Summary:

The German company, which works with scientists who developed a technique for modelling the way in which users looks at websites and emails, intends to apply its technology to new areas.

EyeQuant, a Berlin firm that helps companies such as Google, Spotify and Barnes & Noble figure out where their users are most likely to look, has raised $650,000 in funding. It intends to use the cash to branch out from webpage and email analysis to the mobile space and beyond.

EyeQuant is an intriguing outfit, using neuroscience as a marketing aid. Similarly to 3M’s Visual Attention Service, Feng-Gui and AttentionWizard, EyeQuant tells clients which parts of a webpage or ad are most likely to draw the user’s gaze. It does so in an automated fashion, which is only 90 percent as accurate as performing eye-tracking with live subjects, but much quicker and cheaper.

Here, for example, is EyeQuant’s take on GigaOM’s front page:

EyeQuant Gigaom page analysis

However, CEO and co-founder Fabian Stelzer suggested to me that EyeQuant has a significant technical advantage over those rivals:

“In terms of direct competitors, there are a few companies that claim to do the same thing that we do, but there’s a big difference in the way they do it. They are all using an open source library that’s freely available for download and was actually built by people who are now on-board with EyeQuant for teaching.

“The professors we work with are the inventors of the method, which was initially built to understand the human visual cortex better and model it. If you do a PhD in the neuroscience of attention, you would be using that code.”

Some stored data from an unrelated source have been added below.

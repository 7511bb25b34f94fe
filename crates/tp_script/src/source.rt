//! Where a script comes from.
ghost use Rattle.std.specs.Prelude.{◌≡◌, false, ◌+◌, ◌^◌, ◌<◌, ◌≤◌, ℕ, List, Bool, Option, length, take, min};
ghost use Rattle.std.specs.Prelude.{vec_len, IfOk, IfSome, OnErr, IsTrue, IsErrOf};
ghost use Rattle.std.specs.Io.KnownBytes.{ReadConsumes};
ghost use Rattle.tp_script.specs.declared.source.TheConstants.{MAX_SCRIPT_BYTES, MAX_READS};
ghost use Rattle.tp_script.specs.Devices.{HasNoScript};

use crate::fault::ReadFault;
use std::alloc::{AllocError, Global};
use std::io::{ErrorKind, Read};

/// A reader or a writer has failed.
#[derive(Clone, Copy, Debug, PartialEq, Eq)]
pub struct Failed;

/// A reader of bytes. Contracts see the bytes that it has left, where these are known, how often it was
/// asked, and whether it has failed.
pub trait Source {
    ghost rest: { Self → Option (List ℕ) };

    ghost asked: { Self → ℕ };

    ghost has_failed: { Self → Bool };

    /// Puts the next bytes into the beginning of the buffer, and answers how many: 0 at the end of the bytes,
    /// or where the buffer is empty. `Failed` where the reader failed.
    fn read(&mut self, buffer: &mut [u8]) -> Result<usize, Failed>
        requires { asked self.old + 1 < 2 ^ 64 }
        ensures count { IfOk result (λ n. n ≤ length buffer.new) }
        ensures bytes { ReadConsumes (rest self.old) (rest self.new) result buffer.new }
        ensures once { asked self.new ≡ asked self.old + 1 }
        ensures failed { OnErr result (IsTrue (has_failed self.new)) };
}

/// A reader of std as a source.
#[derive(Drop)]
pub struct StdSource<R: Read> {
    reader: R,
    asked: u64,
    failed: bool,
}

impl<R: Read> StdSource<R> {
    /// The reader as a source that wasn't asked yet, and hasn't failed.
    pub fn new(reader: R) -> Self
        ensures reader { result.reader ≡ reader }
        ensures asked { result.asked ≡ 0 }
        ensures failed { result.failed ≡ false }
    {
        StdSource {
            reader,
            asked: 0,
            failed: false,
        }
    }
}

impl<R: Read> Source for StdSource<R> {
    ghost rest = { λ s. R.remaining s.reader };

    ghost asked = { λ s. s.asked };

    ghost has_failed = { λ s. s.failed };

    fn read(&mut self, buffer: &mut [u8]) -> Result<usize, Failed> {
        self.asked += 1;
        match read_again(&mut self.reader, buffer) {
            Ok(n) => Ok(n),
            Err(Failed) => {
                self.failed = true;
                Err(Failed)
            }
        }
    }
}

/// Bytes in memory as a source, which never fails.
#[derive(Drop)]
pub struct BytesSource<'a> {
    bytes: &'a [u8],
    asked: u64,
}

impl<'a> BytesSource<'a> {
    /// The bytes as a source that wasn't asked yet.
    pub fn new(bytes: &'a [u8]) -> BytesSource<'a>
        ensures bytes { result.bytes.now ≡ bytes.now }
        ensures asked { result.asked ≡ 0 }
    {
        BytesSource { bytes, asked: 0 }
    }
}

impl Source for BytesSource<'_> {
    ghost use Rattle.std.specs.Prelude.{Some};

    ghost rest = { λ s. Some s.bytes.now };

    ghost asked = { λ s. s.asked };

    ghost has_failed = { λ _. false };

    fn read(&mut self, buffer: &mut [u8]) -> Result<usize, Failed> {
        self.asked += 1;
        let n = buffer.len().min(self.bytes.len());
        let (front, rest) = self.bytes.split_at(n);
        buffer[..n].copy_from_slice(front);
        self.bytes = rest;
        Ok(n)
    }
}

/// How often at most a read is tried that a signal interrupts each time.
const TRIES: u32 = 1_000;

/// One read, which is tried again where a signal interrupts it.
fn read_again<R: Read>(reader: &mut R, buffer: &mut [u8]) -> Result<usize, Failed>
    ensures count { IfOk result (λ n. n ≤ length buffer.new) }
    ensures bytes { ReadConsumes (R.remaining reader.old) (R.remaining reader.new) result buffer.new }
{
    for _try in 0..TRIES {
        match reader.read(buffer) {
            Ok(n) => return Ok(n),
            Err(fault) => {
                if fault.kind() != ErrorKind::Interrupted {
                    return Err(Failed);
                }
            }
        }
    }
    Err(Failed)
}

/// The longest script.
pub const MAX_SCRIPT_BYTES: usize = 65_536;

/// How often a reader is asked at most.
pub const MAX_READS: u32 = 100_000;

/// What the source gives up to its end, or the bytes past which a script is too long. Memory for these is had
/// before the source is asked: `NoMemory` is never told of what it gives.
pub fn read_all<S: Source>(alloc: Global, source: &mut S) -> Result<Vec<u8>, ReadFault>
    requires { S.asked source.old + MAX_READS < 2 ^ 64 }
    ensures bytes { IfOk result (λ read. IfSome (S.rest source.old)
        (λ all. read.items ≡ take (MAX_SCRIPT_BYTES + 1) all)) }
    ensures no_script { HasNoScript result }
    ensures asked { S.asked source.new ≤ S.asked source.old + MAX_READS }
    ensures fault { IsErrOf result ReadFault.Read → IsTrue (S.has_failed source.new) }
    ensures unread { IsErrOf result ReadFault.NoMemory → source.new ≡ source.old }
{
    let mut read = Vec::with_capacity(alloc, MAX_SCRIPT_BYTES + 1)?;
    for _ in 0..MAX_READS {
        let mut buffer = [0; 4096];
        let room = buffer.len().min(MAX_SCRIPT_BYTES + 1 - read.len());
        let n = source.read(&mut buffer[..room])?;
        if n == 0 {
            return Ok(read);
        }
        read.extend_from_slice(&buffer[..n])?;
        if read.len() > MAX_SCRIPT_BYTES {
            return Ok(read);
        }
    }
    // Each request but the last gave a byte at least, so that there are fewer.
    unreachable!();
}
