//! What lines set and ask for: settings, servers and commands.
ghost use Rattle.std.specs.Prelude.{◌≡◌, ◌≤◌, Ok, length};
ghost use Rattle.tp_server.specs.Check.{check_of};
ghost use Rattle.tp_model.specs.declared.types.TheConstants.{MAX_ATTEMPTS, MAX_BLOCKS, MAX_PART_ROWS};
ghost use Rattle.tp_model.specs.declared.types.TheConstants.{MAX_UNITS};

use std::string::String;
use tp_model::types::Body;
use tp_server::{Recipe, Registers};

/// How many servers a head may have.
pub const MAX_SERVERS: usize = 8;

/// The limits that a head sets.
#[derive(Clone, Copy)]
pub struct Settings {
    /// Rows of each pass, 1 to 256.
    pub rows: u16,
    /// Units of work of each pass, 1 to 1024.
    pub units: u16,
    /// Attempts of each element in a round, 1 to 7.
    pub attempts: u8,
    /// Spare blocks of rows, 0 to 256.
    pub spare: u16,
    ghost rows_in_range: { (1 ≤ rows) × (rows ≤ MAX_PART_ROWS) },
    ghost units_in_range: { (1 ≤ units) × (units ≤ MAX_UNITS) },
    ghost attempts_in_range: { (1 ≤ attempts) × (attempts ≤ MAX_ATTEMPTS) },
    ghost spare_in_range: { spare ≤ MAX_BLOCKS },
}

/// How a server keeps prepared work: by changing its registers at once, or by keeping what it will write.
#[derive(Clone, Copy)]
pub enum Kind {
    /// It changes its registers as it prepares.
    Eager,
    /// It keeps what it will write until it commits.
    Lazy,
}

/// A server line, with the start lines of that server.
#[derive(Drop)]
pub struct ScriptServer {
    /// 1 to 8 small letters, which no other server has.
    pub name: String,
    /// How it keeps prepared work.
    pub kind: Kind,
    /// What it does; a recipe without a fault.
    pub recipe: Recipe,
    /// What its registers begin with.
    pub registers: Registers,
    ghost checked: { check_of recipe ≡ Ok tt },
    ghost counted: { length registers ≡ recipe.registers },
}

/// What the client does.
#[derive(Clone, Copy)]
pub enum ClientAct {
    /// It submits an element.
    Submit { stage: u8, body: Body },
    /// It kills an element.
    Kill { id: u32 },
    /// It cancels a whole request.
    Cancel { root: u32 },
    /// It gives a parked element another round.
    Requeue { id: u32 },
    /// It aborts the unit of work that holds an element.
    Release { id: u32 },
    /// It reads an element.
    Read { id: u32 },
    /// It lists the replies to a request.
    Reply { root: u32 },
    /// It takes the replies to a request.
    Collect { root: u32 },
    /// It lists the elements of a request.
    Family { root: u32 },
    /// It lists the parked elements.
    Errors,
    /// It counts the elements by status.
    Count,
}

/// What a server's desk does.
#[derive(Clone, Copy, PartialEq, Eq)]
pub enum DeskAct {
    /// It takes a turn.
    Turn,
    /// It takes the element with the least id.
    Claim,
    /// It takes the element whose turn it is.
    Next,
    /// It takes the element with this id.
    Take { id: u32 },
    /// It prepares its work on the element that it took.
    Prepare,
    /// It commits its unit of work.
    Commit,
    /// It aborts its unit of work.
    Abort,
    /// It is dropped.
    Drop,
}

/// The servers take turns while clients submit and killers kill, each on a thread of its own.
#[derive(Clone, Copy)]
pub struct Race {
    /// How many clients there are, 0 to 31.
    pub clients: u8,
    /// How often each of them submits, 0 to 256.
    pub submits: u16,
    /// What each of them submits, with zeros after key and amount; the stage is 1 to 14.
    pub stage: u8,
    pub key: u64,
    pub amount: u64,
    /// How many killers there are, 0 to 31.
    pub killers: u8,
    /// The most turns of each server, 0 to 10,000.
    pub turns: u16,
}

/// A command of the client or of a server's desk, or what is reported of registers. A server is given by its
/// place among the servers.
#[derive(Clone, Copy)]
pub enum Command {
    /// The client does this.
    Client(ClientAct),
    /// The desk of a server does this.
    Desk { server: usize, act: DeskAct },
    /// A register of a server is reported.
    Balance { server: usize, k: u64 },
    /// The sum of a register over all servers is reported.
    Sum { k: u64 },
}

Stelzer suggested this open source library was “a good starting point” but not tailored to websites, mobile apps or outdoor advertising, which require a “data-driven model” based on lengthy eye-tracking experiments.

EyeQuant is the exclusive licensee (for sales and marketing purposes — there are apparently non-civilian licensees as well) of a Caltech patent authored by those professors, Christof Koch and Laurent Itti. Co-founder Peter Koenig is also a neuroscience professor.

“The specific process of taking eye tracking data and turning it into specific models is something only we can do,” Stelzer said. He added that the team had refined this peer-reviewed modelling method to the point where new models can be developed within a month.

And that’s where the $650,000, raised from investors such as Ballpark Ventures and Robin McIlvenny, is going to go: rolling out new models for different sectors. Mobile app analysis is EyeQuant’s top priority, but it will also be applying its technology to the retail space – helping retailers arrange their wares more seductively, for example.